:: Provided records

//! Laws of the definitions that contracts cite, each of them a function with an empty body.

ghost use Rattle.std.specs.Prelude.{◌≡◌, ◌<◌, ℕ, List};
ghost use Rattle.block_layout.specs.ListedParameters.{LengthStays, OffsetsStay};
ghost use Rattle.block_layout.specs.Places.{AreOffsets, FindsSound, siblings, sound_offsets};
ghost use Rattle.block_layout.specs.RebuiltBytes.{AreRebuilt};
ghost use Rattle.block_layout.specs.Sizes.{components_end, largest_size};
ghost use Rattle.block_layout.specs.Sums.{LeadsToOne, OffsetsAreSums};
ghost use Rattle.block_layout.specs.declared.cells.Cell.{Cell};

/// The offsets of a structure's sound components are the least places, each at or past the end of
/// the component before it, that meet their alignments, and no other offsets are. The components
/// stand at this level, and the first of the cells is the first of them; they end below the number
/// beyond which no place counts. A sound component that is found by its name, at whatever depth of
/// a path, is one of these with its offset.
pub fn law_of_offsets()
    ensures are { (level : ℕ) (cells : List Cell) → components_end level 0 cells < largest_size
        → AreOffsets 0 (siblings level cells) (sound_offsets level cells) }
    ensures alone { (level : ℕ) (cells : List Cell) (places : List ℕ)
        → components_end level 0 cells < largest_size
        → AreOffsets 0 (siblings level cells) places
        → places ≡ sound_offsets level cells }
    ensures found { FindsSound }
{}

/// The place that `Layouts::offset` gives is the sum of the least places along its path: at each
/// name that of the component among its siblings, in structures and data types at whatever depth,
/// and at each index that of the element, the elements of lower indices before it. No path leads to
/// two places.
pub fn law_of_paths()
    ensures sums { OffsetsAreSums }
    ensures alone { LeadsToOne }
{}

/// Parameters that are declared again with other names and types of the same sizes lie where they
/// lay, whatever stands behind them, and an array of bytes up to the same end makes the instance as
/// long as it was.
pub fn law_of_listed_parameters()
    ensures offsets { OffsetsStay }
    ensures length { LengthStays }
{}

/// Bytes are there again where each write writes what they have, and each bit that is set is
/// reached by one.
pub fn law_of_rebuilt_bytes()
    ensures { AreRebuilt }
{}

::::
:: Provided records

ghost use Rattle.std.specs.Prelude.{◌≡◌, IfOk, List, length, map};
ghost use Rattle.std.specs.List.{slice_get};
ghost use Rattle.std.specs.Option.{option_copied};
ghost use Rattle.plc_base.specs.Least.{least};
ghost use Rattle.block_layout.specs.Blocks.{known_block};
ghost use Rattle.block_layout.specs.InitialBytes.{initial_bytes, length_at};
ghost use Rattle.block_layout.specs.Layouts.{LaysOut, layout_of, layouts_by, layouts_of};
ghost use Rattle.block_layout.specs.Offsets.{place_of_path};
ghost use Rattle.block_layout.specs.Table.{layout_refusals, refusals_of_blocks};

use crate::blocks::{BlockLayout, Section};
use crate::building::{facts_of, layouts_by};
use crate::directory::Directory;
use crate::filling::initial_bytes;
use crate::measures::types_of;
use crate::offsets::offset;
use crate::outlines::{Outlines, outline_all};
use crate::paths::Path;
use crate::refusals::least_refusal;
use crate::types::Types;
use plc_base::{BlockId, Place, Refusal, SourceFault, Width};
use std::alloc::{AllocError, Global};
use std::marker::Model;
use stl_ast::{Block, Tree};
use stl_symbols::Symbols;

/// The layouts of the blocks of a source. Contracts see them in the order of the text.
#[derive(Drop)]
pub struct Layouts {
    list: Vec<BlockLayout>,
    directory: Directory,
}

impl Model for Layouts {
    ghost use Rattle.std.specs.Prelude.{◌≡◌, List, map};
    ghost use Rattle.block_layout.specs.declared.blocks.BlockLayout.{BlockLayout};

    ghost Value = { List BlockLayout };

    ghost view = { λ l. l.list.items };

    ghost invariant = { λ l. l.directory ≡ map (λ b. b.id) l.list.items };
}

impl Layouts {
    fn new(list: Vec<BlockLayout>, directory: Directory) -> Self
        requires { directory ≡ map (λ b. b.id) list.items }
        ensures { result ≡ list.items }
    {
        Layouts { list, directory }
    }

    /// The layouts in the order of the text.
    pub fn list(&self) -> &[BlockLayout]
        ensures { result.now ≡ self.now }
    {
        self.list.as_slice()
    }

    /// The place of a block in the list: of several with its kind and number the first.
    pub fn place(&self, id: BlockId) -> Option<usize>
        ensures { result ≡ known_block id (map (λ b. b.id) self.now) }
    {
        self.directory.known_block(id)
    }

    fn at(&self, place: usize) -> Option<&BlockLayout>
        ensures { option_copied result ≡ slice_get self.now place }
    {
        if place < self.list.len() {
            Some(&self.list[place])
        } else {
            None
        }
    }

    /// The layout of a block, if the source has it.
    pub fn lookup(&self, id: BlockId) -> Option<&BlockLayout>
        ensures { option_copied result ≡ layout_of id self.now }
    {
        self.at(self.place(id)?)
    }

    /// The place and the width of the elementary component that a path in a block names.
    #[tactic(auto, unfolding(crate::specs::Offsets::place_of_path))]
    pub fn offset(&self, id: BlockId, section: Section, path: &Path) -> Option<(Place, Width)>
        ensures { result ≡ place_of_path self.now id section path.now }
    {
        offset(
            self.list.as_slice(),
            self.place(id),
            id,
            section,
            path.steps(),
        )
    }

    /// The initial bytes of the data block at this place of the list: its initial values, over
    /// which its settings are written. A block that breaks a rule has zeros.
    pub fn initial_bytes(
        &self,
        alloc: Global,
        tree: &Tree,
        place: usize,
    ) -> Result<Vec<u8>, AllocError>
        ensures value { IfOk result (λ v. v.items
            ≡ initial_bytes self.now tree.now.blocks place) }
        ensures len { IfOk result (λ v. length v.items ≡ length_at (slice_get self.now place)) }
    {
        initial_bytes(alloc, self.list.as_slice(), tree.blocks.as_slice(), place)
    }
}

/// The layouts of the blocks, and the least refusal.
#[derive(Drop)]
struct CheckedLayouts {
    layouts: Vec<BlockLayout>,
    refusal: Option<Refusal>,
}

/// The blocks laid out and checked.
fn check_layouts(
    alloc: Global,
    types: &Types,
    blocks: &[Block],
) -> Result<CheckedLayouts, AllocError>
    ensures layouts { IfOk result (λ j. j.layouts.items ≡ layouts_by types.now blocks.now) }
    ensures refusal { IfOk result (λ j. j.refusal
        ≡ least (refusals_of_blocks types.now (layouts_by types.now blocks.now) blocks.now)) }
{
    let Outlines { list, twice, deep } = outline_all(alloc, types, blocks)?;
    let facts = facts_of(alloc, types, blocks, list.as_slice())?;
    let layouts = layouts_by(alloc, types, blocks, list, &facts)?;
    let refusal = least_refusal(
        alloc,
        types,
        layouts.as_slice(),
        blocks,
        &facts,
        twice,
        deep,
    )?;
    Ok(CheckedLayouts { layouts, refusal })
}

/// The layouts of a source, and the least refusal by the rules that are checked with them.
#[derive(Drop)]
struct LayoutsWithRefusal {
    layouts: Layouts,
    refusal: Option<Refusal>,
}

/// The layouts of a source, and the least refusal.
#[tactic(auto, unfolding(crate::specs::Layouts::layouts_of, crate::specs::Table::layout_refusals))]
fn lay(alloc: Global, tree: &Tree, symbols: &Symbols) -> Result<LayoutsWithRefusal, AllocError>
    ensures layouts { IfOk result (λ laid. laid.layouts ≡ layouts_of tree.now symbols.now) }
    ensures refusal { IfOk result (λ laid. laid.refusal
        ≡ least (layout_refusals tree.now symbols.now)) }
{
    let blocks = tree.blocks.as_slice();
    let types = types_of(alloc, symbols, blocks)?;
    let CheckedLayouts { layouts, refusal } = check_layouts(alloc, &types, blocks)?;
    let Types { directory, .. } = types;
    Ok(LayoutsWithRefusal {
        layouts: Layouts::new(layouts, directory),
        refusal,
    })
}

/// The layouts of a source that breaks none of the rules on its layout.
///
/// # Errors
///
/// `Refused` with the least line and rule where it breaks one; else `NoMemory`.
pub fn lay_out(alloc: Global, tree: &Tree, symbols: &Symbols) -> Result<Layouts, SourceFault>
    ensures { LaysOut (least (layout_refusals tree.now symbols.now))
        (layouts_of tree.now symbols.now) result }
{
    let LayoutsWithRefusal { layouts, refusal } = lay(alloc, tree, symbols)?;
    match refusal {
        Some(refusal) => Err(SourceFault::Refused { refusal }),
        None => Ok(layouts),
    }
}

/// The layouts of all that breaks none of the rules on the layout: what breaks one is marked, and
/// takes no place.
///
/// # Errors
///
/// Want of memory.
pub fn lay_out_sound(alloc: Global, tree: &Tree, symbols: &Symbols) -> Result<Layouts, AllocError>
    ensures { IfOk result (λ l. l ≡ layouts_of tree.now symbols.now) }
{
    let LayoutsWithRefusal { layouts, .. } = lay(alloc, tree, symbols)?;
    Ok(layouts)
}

::::
:: Provided records

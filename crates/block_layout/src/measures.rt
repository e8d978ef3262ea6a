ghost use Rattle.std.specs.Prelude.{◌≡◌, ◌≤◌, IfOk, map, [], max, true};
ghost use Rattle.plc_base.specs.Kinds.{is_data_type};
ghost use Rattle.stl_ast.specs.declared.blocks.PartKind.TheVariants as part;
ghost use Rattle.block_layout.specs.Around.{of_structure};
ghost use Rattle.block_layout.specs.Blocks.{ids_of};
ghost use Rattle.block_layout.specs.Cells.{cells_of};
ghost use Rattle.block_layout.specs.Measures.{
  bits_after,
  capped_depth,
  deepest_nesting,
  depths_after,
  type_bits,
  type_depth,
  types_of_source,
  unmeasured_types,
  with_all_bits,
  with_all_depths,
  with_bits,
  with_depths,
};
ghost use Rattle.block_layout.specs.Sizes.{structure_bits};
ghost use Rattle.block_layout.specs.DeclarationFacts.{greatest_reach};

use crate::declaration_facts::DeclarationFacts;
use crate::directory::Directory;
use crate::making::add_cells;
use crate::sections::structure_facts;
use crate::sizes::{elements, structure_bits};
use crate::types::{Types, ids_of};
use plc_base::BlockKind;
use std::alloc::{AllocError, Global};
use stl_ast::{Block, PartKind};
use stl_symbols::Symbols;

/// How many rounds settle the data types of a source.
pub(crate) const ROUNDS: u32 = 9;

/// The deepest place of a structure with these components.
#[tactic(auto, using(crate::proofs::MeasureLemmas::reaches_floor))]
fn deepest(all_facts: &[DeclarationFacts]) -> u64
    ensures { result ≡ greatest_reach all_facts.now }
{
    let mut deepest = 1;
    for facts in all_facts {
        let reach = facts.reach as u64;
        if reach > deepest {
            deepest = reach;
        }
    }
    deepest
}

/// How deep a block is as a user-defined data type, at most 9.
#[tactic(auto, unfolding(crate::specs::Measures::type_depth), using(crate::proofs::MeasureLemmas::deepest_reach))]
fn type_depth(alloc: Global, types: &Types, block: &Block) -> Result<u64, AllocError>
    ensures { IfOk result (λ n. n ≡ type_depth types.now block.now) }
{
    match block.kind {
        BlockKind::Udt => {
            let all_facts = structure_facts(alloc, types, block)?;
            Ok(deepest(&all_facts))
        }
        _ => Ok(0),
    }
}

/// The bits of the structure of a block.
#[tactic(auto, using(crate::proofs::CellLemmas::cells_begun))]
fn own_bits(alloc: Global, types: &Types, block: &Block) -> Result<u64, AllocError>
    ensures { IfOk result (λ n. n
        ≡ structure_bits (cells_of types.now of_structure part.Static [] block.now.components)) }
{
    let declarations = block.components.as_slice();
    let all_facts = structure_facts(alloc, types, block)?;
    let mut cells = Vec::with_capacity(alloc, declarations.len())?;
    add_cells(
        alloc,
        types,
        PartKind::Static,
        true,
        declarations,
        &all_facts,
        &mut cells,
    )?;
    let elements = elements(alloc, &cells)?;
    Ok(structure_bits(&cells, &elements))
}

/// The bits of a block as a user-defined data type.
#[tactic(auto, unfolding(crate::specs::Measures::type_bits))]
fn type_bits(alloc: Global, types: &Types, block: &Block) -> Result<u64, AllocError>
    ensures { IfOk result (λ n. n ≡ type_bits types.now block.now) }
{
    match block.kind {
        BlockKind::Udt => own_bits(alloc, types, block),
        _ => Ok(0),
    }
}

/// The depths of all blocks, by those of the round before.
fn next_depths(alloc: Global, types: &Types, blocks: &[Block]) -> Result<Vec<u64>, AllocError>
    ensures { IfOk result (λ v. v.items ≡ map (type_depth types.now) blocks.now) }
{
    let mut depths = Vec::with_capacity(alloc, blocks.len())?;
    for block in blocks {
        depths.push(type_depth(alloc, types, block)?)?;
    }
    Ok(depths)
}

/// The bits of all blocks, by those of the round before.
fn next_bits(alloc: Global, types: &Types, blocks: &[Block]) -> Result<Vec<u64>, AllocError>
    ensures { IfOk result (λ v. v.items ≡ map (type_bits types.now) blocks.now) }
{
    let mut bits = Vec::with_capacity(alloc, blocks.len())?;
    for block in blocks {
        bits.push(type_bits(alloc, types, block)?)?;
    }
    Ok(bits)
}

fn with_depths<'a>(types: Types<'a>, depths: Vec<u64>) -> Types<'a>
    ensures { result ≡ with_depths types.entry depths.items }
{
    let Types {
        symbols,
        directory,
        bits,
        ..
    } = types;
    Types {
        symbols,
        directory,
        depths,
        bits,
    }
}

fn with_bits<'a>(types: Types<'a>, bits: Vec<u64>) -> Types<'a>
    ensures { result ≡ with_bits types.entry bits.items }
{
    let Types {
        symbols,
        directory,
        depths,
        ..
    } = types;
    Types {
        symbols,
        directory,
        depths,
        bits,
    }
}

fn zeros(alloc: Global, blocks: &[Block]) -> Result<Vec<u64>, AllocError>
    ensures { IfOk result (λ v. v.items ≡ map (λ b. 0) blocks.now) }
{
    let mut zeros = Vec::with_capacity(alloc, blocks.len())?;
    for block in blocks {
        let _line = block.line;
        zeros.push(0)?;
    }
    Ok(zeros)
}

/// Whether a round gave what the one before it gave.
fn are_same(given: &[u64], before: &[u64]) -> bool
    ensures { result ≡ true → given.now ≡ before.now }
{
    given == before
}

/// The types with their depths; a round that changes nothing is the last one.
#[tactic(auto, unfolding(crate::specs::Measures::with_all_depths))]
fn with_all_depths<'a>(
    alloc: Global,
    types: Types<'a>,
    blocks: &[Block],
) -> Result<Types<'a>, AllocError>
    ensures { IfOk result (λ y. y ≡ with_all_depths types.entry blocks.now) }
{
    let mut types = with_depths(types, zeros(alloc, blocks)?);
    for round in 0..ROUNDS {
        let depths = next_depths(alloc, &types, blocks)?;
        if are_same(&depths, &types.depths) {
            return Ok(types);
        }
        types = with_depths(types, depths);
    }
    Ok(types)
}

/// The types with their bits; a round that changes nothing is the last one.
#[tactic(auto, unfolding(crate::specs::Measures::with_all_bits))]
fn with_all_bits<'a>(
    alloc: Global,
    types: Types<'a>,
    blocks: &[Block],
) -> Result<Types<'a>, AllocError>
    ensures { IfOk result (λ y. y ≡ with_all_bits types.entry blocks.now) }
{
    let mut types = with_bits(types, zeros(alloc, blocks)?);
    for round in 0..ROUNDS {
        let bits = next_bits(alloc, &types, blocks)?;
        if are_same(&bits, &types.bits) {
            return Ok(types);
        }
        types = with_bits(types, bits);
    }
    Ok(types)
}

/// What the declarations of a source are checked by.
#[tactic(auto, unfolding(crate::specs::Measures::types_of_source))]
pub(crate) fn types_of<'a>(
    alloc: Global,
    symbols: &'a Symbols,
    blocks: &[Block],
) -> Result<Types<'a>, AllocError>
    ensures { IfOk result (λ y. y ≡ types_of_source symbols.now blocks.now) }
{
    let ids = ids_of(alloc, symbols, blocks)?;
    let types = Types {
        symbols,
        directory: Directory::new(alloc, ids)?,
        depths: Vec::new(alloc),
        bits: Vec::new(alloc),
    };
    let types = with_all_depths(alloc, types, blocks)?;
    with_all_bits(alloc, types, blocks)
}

::::

▶ [Work required]: Once the lines above that include "which" are counted, report the number and nothing else.

▶ [Result for this exercise]: 2